Thought this was pretty cool, one of my male tapajos quit eating for a couple days, I was starting to get a little concerned when I realized he was holding some fry in his mouth, I thought this was a little strange because I never noticed this male spawning before. Well 3 weeks later he paired up with one of my female tapajos and decided to spit these fry out, they looked quite different from the other geophagus fry I had from another pair, I was able to get one out of the big tank and into my 20 gallon and now 2 weeks later it's quite obvious he is not a geo at all but a boesemani rainbow!


----------



## Adam (Dec 17, 2012)

At the top in this pic


----------



## DBam (Aug 9, 2010)

Oh wow, that's too funny. So surrogate dad did a pretty good job?


----------



## TomC (Apr 21, 2010)

Do you have a picture of the 500g in wall aquarium?


----------



## Adam (Dec 17, 2012)

Here it is plywood build 6.5 long 4 feet deep and around 31 tall


----------



## Adam (Dec 17, 2012)

Built into the wall in the basement living room


----------



## Adam (Dec 17, 2012)

The proud parents


----------



## TomC (Apr 21, 2010)

Very nice. A clean, uncluttered look. I like your choice of fish.


----------



## mollyb (May 18, 2010)

Wow - I have never seen that much nuchal hump on Tapajos! (me not seeing it before doesn't mean much) Nice fish!


----------



## Adam (Dec 17, 2012)

Ya I ended up with a few nice pairs of them, tons of colour on these ones too especially the females. Just noticed today I have a pair of acara as well, I think I'm going to need a couple grow out tanks


----------



## SeaHorse_Fanatic (Apr 22, 2010)

Gorgeous tank. Very jealous. Look that clean uncluttered look. Great choice of fish too. Cool about Boesmani baby


----------



## DBam (Aug 9, 2010)

If you ever want to shoot the breeze and chat fish over a beer let me know. Nice to see another dedicated hobbyist in Abbotsford.


----------



## Adam (Dec 17, 2012)

Absolutely always nice to meet a fellow hobbyist


----------



## Daryl (Jun 1, 2010)

I've kept Tapajos a couple times over the years - but that male is probably the best I've seen.

They're pretty intelligent fish - I don't want to derail your thread but I have to tell this quick story;

A pair were spawning and a stupid dwarf panda cory kept swimming into their area. The male would scoop him up in his mouth and spit him out, away from their territory.
After a while I guess the cory freaks and spreads his pectoral & dorsal fins; lodging himself in the males mouth.

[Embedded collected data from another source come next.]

//! How much a half keeps beside the bytes of the body.

ghost use Rattle.std.specs.Prelude.{◌≡◌, min, sum_by};
ghost use Rattle.filter_model.specs.Held.{field_bytes};
ghost use Rattle.half_machine.specs.Beside.{ask_size, head_size, held_beside};

use crate::half::Half;
use ext_msgs::{Ask, FieldList};
use std::collections::VecDeque;

// The bytes of all names and values.
#[tactic(auto, using(crate::proofs::FieldSums::size_at))]
fn field_bytes(fields: &FieldList) -> u64
    ensures { result ≡ min (field_bytes fields.now) 18_446_744_073_709_551_615 }
{
    let mut total: u64 = 0;
    for field in fields.as_slice() {
        total = total
            .saturating_add(field.name.len() as u64)
            .saturating_add(field.value.len() as u64);
    }
    total
}

/// The bytes of an ask's fields, or of its piece of a body, or 2^64 - 1 where there are more.
pub fn ask_size(ask: &Ask) -> u64
    ensures { result ≡ min (ask_size ask.now) 18_446_744_073_709_551_615 }
{
    match ask {
        Ask::RequestHeaders(fields, _) | Ask::ResponseHeaders(fields, _) => field_bytes(fields),
        Ask::RequestBody(bytes, _) | Ask::ResponseBody(bytes, _) => bytes.len() as u64,
        Ask::RequestTrailers(fields) | Ask::ResponseTrailers(fields) => field_bytes(fields),
    }
}

/// That of several.
pub(crate) fn asks_size(asks: &VecDeque<Ask>) -> u64
    ensures { result ≡ min (sum_by ask_size asks.now.items) 18_446_744_073_709_551_615 }
{
    let mut total = 0u64;
    for i in 0..asks.len() {
        total = total.saturating_add(ask_size(&asks[i]));
    }
    total
}

fn head_size(head: &Option<FieldList>) -> u64
    ensures { result ≡ min (head_size head.now) 18_446_744_073_709_551_615 }
{
    match head {
        Some(fields) => field_bytes(fields),
        None => 0,
    }
}

impl Half {
    /// How many bytes are kept beside those of the body, or 2^64 - 1 where there are more: of the head and of trailers,
    /// and of asks that were answered before they were handed out.
    pub fn held_beside(&self) -> u64
        ensures { result ≡ min (held_beside self.now) 18_446_744_073_709_551_615 }
    {
        head_size(&self.head)
            .saturating_add(field_bytes(&self.trailers))
            .saturating_add(self.ready.size())
    }
}
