//! The asks that are out.

ghost use Rattle.std.specs.Prelude.{◌≡◌, ◌<◌, ◌≤◌, ◌++◌, ◌∷◌, [], length, take, drop, filter, slice_get, slice_index_or, IfOk};
ghost use Rattle.std.specs.List.{list_any};
ghost use Rattle.half_machine.specs.Marks.{is_of_headers, is_of_body, is_of_trailers};

use std::alloc::{AllocError, Global};
use std::marker::Model;

/// An ask that is out. The bytes of one of the body are lent by the hold; its flag is `end_of_stream`.
#[derive(Clone, Copy)]
pub enum Mark {
    Headers,
    Body(bool),
    Trailers,
}

/// The asks that are out, oldest first: never more than four. Only the constructor takes memory.
#[derive(Drop)]
pub struct Marks {
    items: Vec<Mark>,
}

impl Model for Marks {
    ghost use Rattle.std.specs.Prelude.{List};
    ghost use Rattle.half_machine.specs.declared.marks.Mark.{Mark};
    ghost use Rattle.half_machine.specs.Marks.{HasSlots};

    ghost Value = { List Mark };

    ghost view = { λ m. m.items.items };

    ghost invariant = { λ m. HasSlots m.items };
}

impl Marks {
    pub fn new(alloc: Global) -> Result<Marks, AllocError>
        ensures { IfOk result (λ m. m ≡ []) }
    {
        let items = Vec::with_capacity(alloc, 4)?;
        Ok(Marks { items })
    }

    /// How many asks are out.
    pub fn len(&self) -> u32
        ensures { result ≡ length self.now }
    {
        self.items.len() as u32
    }

    /// One more is out.
    pub fn push(&mut self, mark: Mark)
        requires { length self.old < 4 }
        ensures { self.new ≡ self.old ++ mark ∷ [] }
    {
        self.items.push_reserved(mark);
    }

    /// The oldest.
    pub fn first(&self) -> Option<Mark>
        ensures { result ≡ slice_get self.now 0 }
    {
        self.items.first().copied()
    }

    /// The oldest was answered.
    pub fn drop_first(&mut self)
        requires { 0 < length self.old }
        ensures { self.new ≡ drop 1 self.old }
    {
        self.items.remove(0);
    }

    /// Whether one of the headers is out.
    pub fn has_headers(&self) -> bool
        ensures { result ≡ list_any is_of_headers self.now }
    {
        self.items.iter().any(|mark| match mark {
            Mark::Headers => true,
            Mark::Body(_) | Mark::Trailers => false,
        })
    }

    /// Whether one of the body is out.
    pub fn has_body(&self) -> bool
        ensures { result ≡ list_any is_of_body self.now }
    {
        self.items.iter().any(|mark| match mark {
            Mark::Body(_) => true,
            Mark::Headers | Mark::Trailers => false,
        })
    }

    /// Whether one of the trailers is out.
    pub fn has_trailers(&self) -> bool
        ensures { result ≡ list_any is_of_trailers self.now }
    {
        self.items.iter().any(|mark| match mark {
            Mark::Trailers => true,
            Mark::Headers | Mark::Body(_) => false,
        })
    }

    /// The i-th, from 0.
    pub fn at(&self, i: u32) -> Mark
        requires { i < length self.now }
        ensures { result ≡ slice_index_or self.now i result }
    {
        self.items[i as usize]
    }

    /// How many of the body are before the i-th.
    pub fn bodies_before(&self, i: u32) -> u32
        requires { i ≤ length self.now }
        ensures { result ≡ length (filter is_of_body (take i self.now)) }
    {
        bodies_before(self.items.as_slice(), i)
    }
}

fn is_of_body(mark: Mark) -> bool
    ensures { result ≡ is_of_body mark }
{
    match mark {
        Mark::Body(_) => true,
        Mark::Headers | Mark::Trailers => false,
    }
}

#[tactic(auto, using(crate::proofs::Bodies::one_more, crate::proofs::Bodies::none_more))]
fn bodies_before(marks: &[Mark], i: u32) -> u32
    requires { i ≤ length marks.now }
    ensures { result ≡ length (filter is_of_body (take i marks.now)) }
{
    let mut n = 0u32;
    'marks: for k in 0..i {
        if is_of_body(marks[k as usize]) {
            n += 1;
        }
    }
    n
}
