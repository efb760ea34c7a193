//! What a half is told.

ghost use Rattle.std.specs.Prelude.{◌≡◌};
ghost use Rattle.filter_model.specs.Half.{Past, after_step, Told, Settle, Release, Head as HeadCame, Sent as OneSent, Given as SoManyGiven, Bytes as BytesCame, End as EndCame};
ghost use Rattle.half_machine.specs.Stands.{StandsFor, Stands};
ghost use Rattle.half_machine.specs.Calls.{MayHead, MaySettle, settled_in, MaySent, MayGiven, MayBytes, CanTake, with_bytes, CanRelease, released_in};

use crate::facts::is_bodiless;
use crate::half::Half;
use crate::own::own_framing;
use ext_msgs::{FieldList, PartModes};
use http_model::Length;

// Behind a head the header mode stays.
fn settled(behind_head: bool, old: PartModes, new: PartModes) -> PartModes
    ensures { result ≡ settled_in behind_head old new }
{
    if !behind_head {
        return new;
    }
    PartModes {
        headers: old.headers,
        body: new.body,
        trailers: new.trailers,
    }
}

impl Half {
    /// Other modes: before the head, or, without effect on that of the headers, while their ask is out.
    pub fn settle(&mut self, modes: PartModes)
        requires { Stands self.old MaySettle }
        ensures { (p : Past) → StandsFor p self.old → MaySettle p
            → StandsFor (after_step (Told (Settle modes)) p) self.new }
    {
        self.rule.modes = settled(self.arrived.head, self.rule.modes, modes);
        self.go_on();
    }

    /// Its head, and how that says that its body ends. It comes once.
    pub fn head(&mut self, head: FieldList, length: Length)
        requires { Stands self.old MayHead }
        ensures { (p : Past) → StandsFor p self.old → MayHead p
            → StandsFor (after_step (Told (HeadCame head length)) p) self.new }
    {
        self.arrived.head = true;
        self.arrived.framed = length;
        self.arrived.own = own_framing(&head);
        self.arrived.whole = is_bodiless(length);
        self.head = Some(head);
        self.go_on();
    }

    /// That the oldest ask not yet sent was sent.
    pub fn sent(&mut self)
        requires { Stands self.old MaySent }
        ensures { (p : Past) → StandsFor p self.old → MaySent p → StandsFor (after_step (Told OneSent) p) self.new }
    {
        self.asked.unsent -= 1;
        self.go_on();
    }

    /// That n more body bytes were given to the other side.
    pub fn given(&mut self, n: u32)
        requires { Stands self.old (λ p. MayGiven p n) }
        ensures { (p : Past) → StandsFor p self.old → MayGiven p n
            → StandsFor (after_step (Told (SoManyGiven n)) p) self.new }
    {
        let passed = n.saturating_sub(self.counts.pieces);
        self.counts.unasked = self.counts.unasked.saturating_sub(passed);
        self.counts.pieces = self.counts.pieces.saturating_sub(n);
        self.counts.waiting -= u64::from(n);
        self.go_on();
    }

    /// Bytes of its body: at most `room`, behind a head that doesn't say that there is no body, and before the end.
    pub fn data(&mut self, bytes: &[u8])
        requires { Stands self.old (λ p. MayBytes p bytes.now) }
        ensures { (p : Past) → StandsFor p self.old → MayBytes p bytes.now →
            StandsFor (after_step (Told (BytesCame bytes.now)) p) self.new }
    {
        self.take(bytes);
        self.go_on();
    }

    /// The last bytes of its body, none or at most `room`, and its trailers.
    pub fn end(&mut self, bytes: &[u8], trailers: FieldList)
        requires { Stands self.old (λ p. MayBytes p bytes.now) }
        ensures { (p : Past) → StandsFor p self.old → MayBytes p bytes.now →
            StandsFor (after_step (Told (EndCame bytes.now trailers)) p) self.new }
    {
        self.take(bytes);
        self.arrived.whole = true;
        self.arrived.trailers = !trailers.is_empty();
        self.trailers = trailers;
        self.go_on();
    }

    /// That the rest passes: nothing more is asked, and what wasn't answered goes on as it was.
    pub fn release(&mut self)
        requires { Stands self.old (λ p. Unit {0}) }
        ensures { (p : Past) → StandsFor p self.old → StandsFor (after_step (Told Release) p) self.new }
    {
        self.let_pass();
        self.go_on();
    }

    // What is lent goes out too, unless another body took the place of all.
    fn let_pass(&mut self)
        requires { CanRelease self.old }
        ensures { self.new ≡ released_in self.old }
    {
        if !self.rule.released && !self.rule.replaced {
            self.counts.unasked += self.hold.lent();
            self.hold.pass_lent();
        }
        self.rule.released = true;
    }

    // Bytes that come where another body took the place of theirs are dropped.
    fn take(&mut self, bytes: &[u8])
        requires { CanTake self.old bytes.now }
        ensures { self.new ≡ with_bytes bytes.now self.old }
    {
        let n = bytes.len() as u32;
        self.arrived.bytes = self.arrived.bytes.saturating_add(n);
        if !self.rule.replaced {
            self.hold.put(bytes);
            self.counts.unasked += n;
        }
    }
}
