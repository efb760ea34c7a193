//! What holds of fronts.

ghost use Rattle.std.specs.Prelude.{◌≡◌, ℕ, List, [], ◌∷◌, ◌++◌, All};
ghost use Rattle.turn_lock.specs.declared.entry.Entry.{Entry};
ghost use Rattle.turn_lock.specs.History.{GoesOnWithout, IsOfOther, Made, entry};
ghost use Rattle.turn_lock.specs.Seats.{front_of};

use crate::table::TurnSeat;
use crate::turned::Turned;

/// Some value stands for all that a seat has seen: the calls of all seats, made one after the other, answered so.
pub fn value_stands_for_front<T: Turned>(seat: &TurnSeat<T>)
    ensures { ∥ ((value : T) × T.stands value (front_of seat.now)) ∥₁ }
{}

/// Of a seat's own calls a front has just those that were done, each once and in their order: none come with a front
/// that goes on without them, one comes with the answer `Done`, and what came one after the other is joined.
pub fn own_calls_stand_in_order<T: Turned>()
    ensures none { (seat : ℕ) (before after : List (Entry T.Call T.Reply)) → GoesOnWithout seat before after
        → Made seat before after [] }
    ensures one { (seat : ℕ) (before others : List (Entry T.Call T.Reply)) (call : T.Call) (reply : T.Reply)
        → All (IsOfOther seat) others
        → Made seat before (before ++ others ++ entry seat call reply ∷ []) (entry seat call reply ∷ []) }
    ensures more { (seat : ℕ) (first second third own further : List (Entry T.Call T.Reply))
        → Made seat first second own → Made seat second third further → Made seat first third (own ++ further) }
{}
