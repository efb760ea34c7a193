//! What a half remembers beside bytes and fields.

ghost use Rattle.std.specs.Prelude.{◌≡◌};
ghost use Rattle.half_machine.specs.Facts.{mode_in, settled_in, collects_in};
ghost use Rattle.filter_model.specs.Course.{is_buffered, is_partial};
ghost use Rattle.http_model.specs.Heads.{is_bodiless};

use ext_msgs::{BodyMode, PartModes};
use http_model::{Framing, Length};

/// What was read of the message.
#[derive(Clone, Copy)]
pub struct Arrived {
    pub head: bool,
    pub framed: Length,
    /// The framing that the head states, for a response that can have no body.
    pub own: Framing,
    pub whole: bool,
    pub trailers: bool,
    /// How many body bytes, or 2^32 - 1 where there are more.
    pub bytes: u32,
}

/// What modes and answers say so far.
#[derive(Clone, Copy)]
pub struct Ruled {
    pub modes: PartModes,
    /// The rest passes.
    pub released: bool,
    /// A CONTINUE_AND_REPLACE came: nothing more is asked.
    pub stopped: bool,
    /// It came in the headers answer.
    pub passes: bool,
    /// It brought another body.
    pub replaced: bool,
    pub headers_answered: bool,
    pub body_answered: bool,
}

/// The asks that were made.
#[derive(Clone, Copy)]
pub struct Asked {
    pub any: bool,
    pub body: bool,
    pub last: bool,
    pub trailers: bool,
    pub unsent: u32,
    pub unhanded: u32,
}

/// Body bytes.
#[derive(Clone, Copy)]
pub struct Counts {
    /// In no ask, not given and not dropped.
    pub unasked: u32,
    /// Of answered pieces, not given.
    pub pieces: u32,
    /// Handed out, not given.
    pub waiting: u64,
}

/// What was handed out, behind a head whose framing was chosen.
#[derive(Clone, Copy)]
pub struct Gone {
    pub framing: Option<Framing>,
    pub head: bool,
    pub trailers: bool,
    pub ended: bool,
}

/// The body mode that holds.
pub fn mode_of(rule: &Ruled) -> BodyMode
    ensures { result ≡ mode_in rule.now }
{
    if rule.released || rule.passes {
        return BodyMode::NoAsk;
    }
    rule.modes.body
}

/// The headers are answered, or weren't to be asked.
pub fn is_settled(arrived: &Arrived, rule: &Ruled) -> bool
    ensures { result ≡ settled_in arrived.now rule.now }
{
    arrived.head && (rule.released || !rule.modes.headers || rule.headers_answered)
}

/// All of the body is collected for one ask.
pub fn is_buffered(mode: BodyMode) -> bool
    ensures { result ≡ is_buffered mode }
{
    match mode {
        BodyMode::Buffered => true,
        BodyMode::NoAsk | BodyMode::Streamed | BodyMode::Partial => false,
    }
}

/// The first bytes of the body are collected for one ask.
pub fn is_partial(mode: BodyMode) -> bool
    ensures { result ≡ is_partial mode }
{
    match mode {
        BodyMode::Partial => true,
        BodyMode::NoAsk | BodyMode::Streamed | BodyMode::Buffered => false,
    }
}

/// Body bytes are collected until they are asked.
pub fn is_collecting(arrived: &Arrived, rule: &Ruled, asked: &Asked) -> bool
    ensures { result ≡ collects_in arrived.now rule.now asked.now }
{
    let mode = mode_of(rule);
    is_settled(arrived, rule) && (is_buffered(mode) || (is_partial(mode) && !asked.body))
}

/// The head alone says that there is no body.
pub fn is_bodiless(length: Length) -> bool
    ensures { result ≡ is_bodiless length }
{
    match length {
        Length::NoBody => true,
        Length::Known(n) => n == 0,
        Length::Chunked | Length::Close => false,
    }
}
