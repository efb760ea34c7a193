//! What a table keeps, and what a seat knows of it. But for [`Counted`] no values of these types are made: they are for
//! the proofs alone.

use crate::entry::Entry;
use std::collections::LinkedList;

/// A value beside the number of calls that it has had.
#[derive(Drop)]
pub struct Counted<T> {
    pub value: T,
    pub calls: u64,
}

/// The number of a seat: how many seats of its table were made before it.
pub enum SeatNumber {
    /// It was split off the seat of this number, and doesn't know its own yet.
    SplitFrom(u64),
    Known(u64),
    /// It was joined into another.
    Joined,
}

/// Whether a seat has the turn, and then the whole history.
pub enum Stage<C, R> {
    Idle,
    HasTurn(LinkedList<Entry<C, R>>),
}

/// What was brought in by a join.
pub enum JoinedFront<C, R> {
    /// Nothing that isn't compared yet.
    Compared,
    /// The number of the seat that was joined in, and its front.
    Of(u64, LinkedList<Entry<C, R>>),
}

/// What a seat knows.
pub struct SeatView<C, R> {
    pub number: SeatNumber,
    /// The history that it has seen.
    pub front: LinkedList<Entry<C, R>>,
    pub joined: JoinedFront<C, R>,
    /// The greatest length of the history that it noted.
    pub noted: u64,
    /// How many of its steps found the turn taken.
    pub busy: u64,
    /// How often it was split, and one more where it was split off itself.
    pub splits: u64,
    pub stage: Stage<C, R>,
}
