//! What a half tells of itself.

ghost use Rattle.std.specs.Prelude.{◌≡◌, ◌+◌, true, is_some, length};
ghost use Rattle.std.specs.List.{list_any};
ghost use Rattle.http_model.specs.Reads.{Original};
ghost use Rattle.filter_model.specs.AllGiven.{is_all_handed};
ghost use Rattle.filter_model.specs.Course.{head_may_go, is_headers, out};
ghost use Rattle.filter_model.specs.Half.{Past, becomes, course, progress};
ghost use Rattle.half_machine.specs.Giving.{is_body_handed, is_handed_in, is_tail_in};
ghost use Rattle.half_machine.specs.Stands.{StandsFor};

use crate::facts::{is_bodiless, is_buffered, mode_of};
use crate::half::Half;
use ext_msgs::PartModes;
use http_model::{Framing, Length};

impl Half {
    /// How many of the asks that were made weren't handed out.
    pub fn unhanded(&self) -> u32
        ensures { (p : Past) → StandsFor p self.now → result + (progress p).handed ≡ length (course p).asks }
    {
        self.asked.unhanded
    }

    /// The modes that hold.
    pub fn modes(&self) -> PartModes
        ensures { (p : Past) → StandsFor p self.now → result ≡ (course p).modes }
    {
        self.rule.modes
    }

    /// Whether its head was chosen: it goes out, or went.
    pub fn is_committed(&self) -> bool
        ensures { (p : Past) → StandsFor p self.now → result ≡ is_some (course p).head }
    {
        self.gone.framing.is_some()
    }

    /// Whether a head could go at once that says this of its body.
    pub fn would_go(&self, length: Length) -> bool
        ensures { (p : Past) → StandsFor p self.now → (o : Original) → is_some o.head ≡ true → o.length ≡ length
            → result ≡ head_may_go (record (course p) { original = o }) }
    {
        let settled = !self.rule.modes.headers || self.rule.headers_answered;
        let body_settled = !is_buffered(mode_of(&self.rule))
            || is_bodiless(length)
            || self.rule.body_answered;
        self.rule.released || (settled && body_settled)
    }

    /// Whether the rest passes.
    pub fn is_released(&self) -> bool
        ensures { (p : Past) → StandsFor p self.now → result ≡ (course p).released }
    {
        self.rule.released
    }

    /// Whether all of the message was read.
    pub fn is_whole(&self) -> bool
        ensures { (p : Past) → StandsFor p self.now → result ≡ (course p).original.whole }
    {
        self.arrived.whole
    }

    /// Whether the ask of the headers is out.
    pub fn awaits_headers(&self) -> bool
        ensures { (p : Past) → StandsFor p self.now → result ≡ list_any is_headers (out (course p)) }
    {
        let awaits = self.marks.has_headers();
        awaits
    }

    /// Whether every byte was handed out that goes out of a message that has ended.
    pub fn is_all_handed(&self) -> bool
        ensures { (p : Past) → StandsFor p self.now → result ≡ is_all_handed (becomes p) (progress p).taken }
    {
        let Some(framing) = self.gone.framing else {
            return false;
        };
        let handed = self.is_handed(framing);
        handed
    }

    // Behind a head of this framing.
    fn is_handed(&self, framing: Framing) -> bool
        ensures { result ≡ is_handed_in self.now framing }
    {
        self.has_ended() && self.gone.head && self.is_body_handed() && self.is_tail_handed(framing)
    }

    // No byte of the body is left.
    fn is_body_handed(&self) -> bool
        ensures { result ≡ is_body_handed self.now }
    {
        self.hold.out_len() == 0 && (!self.passes() || self.hold.at_hand() == 0)
    }

    // The last chunk goes out with the trailers or with the end; in another framing neither has bytes.
    fn is_tail_handed(&self, framing: Framing) -> bool
        ensures { result ≡ is_tail_in self.now framing }
    {
        match framing {
            Framing::Chunked => self.gone.trailers || self.gone.ended,
            Framing::NoField | Framing::Length(_) => true,
        }
    }
}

I didn't know what to do, and after a day or two the male geo was obviously uncomfortable - bordering on distress. I opened the tank lid, figuring I would have to try net him, and he swam straight up into my hand. No effort required. I just lifted him out of the tank and removed the (now dead) cory with a pair of needle-nose pliers and plopped him back in the tank as good as new.

Only telling this story because my wife was right there with me can vouch that I am not crazy or a liar. Otherwise I wouldn't believe myself. It was unreal.


----------



## Adam (Dec 17, 2012)

Yes they are definitely one of my favorites very fun to watch them doing their thing, tons of colour great temperment and they don't get too big. I was lucky to get a few nice pairs of them, I am raising about 200 fry right now and can't wait to see how they turn out


----------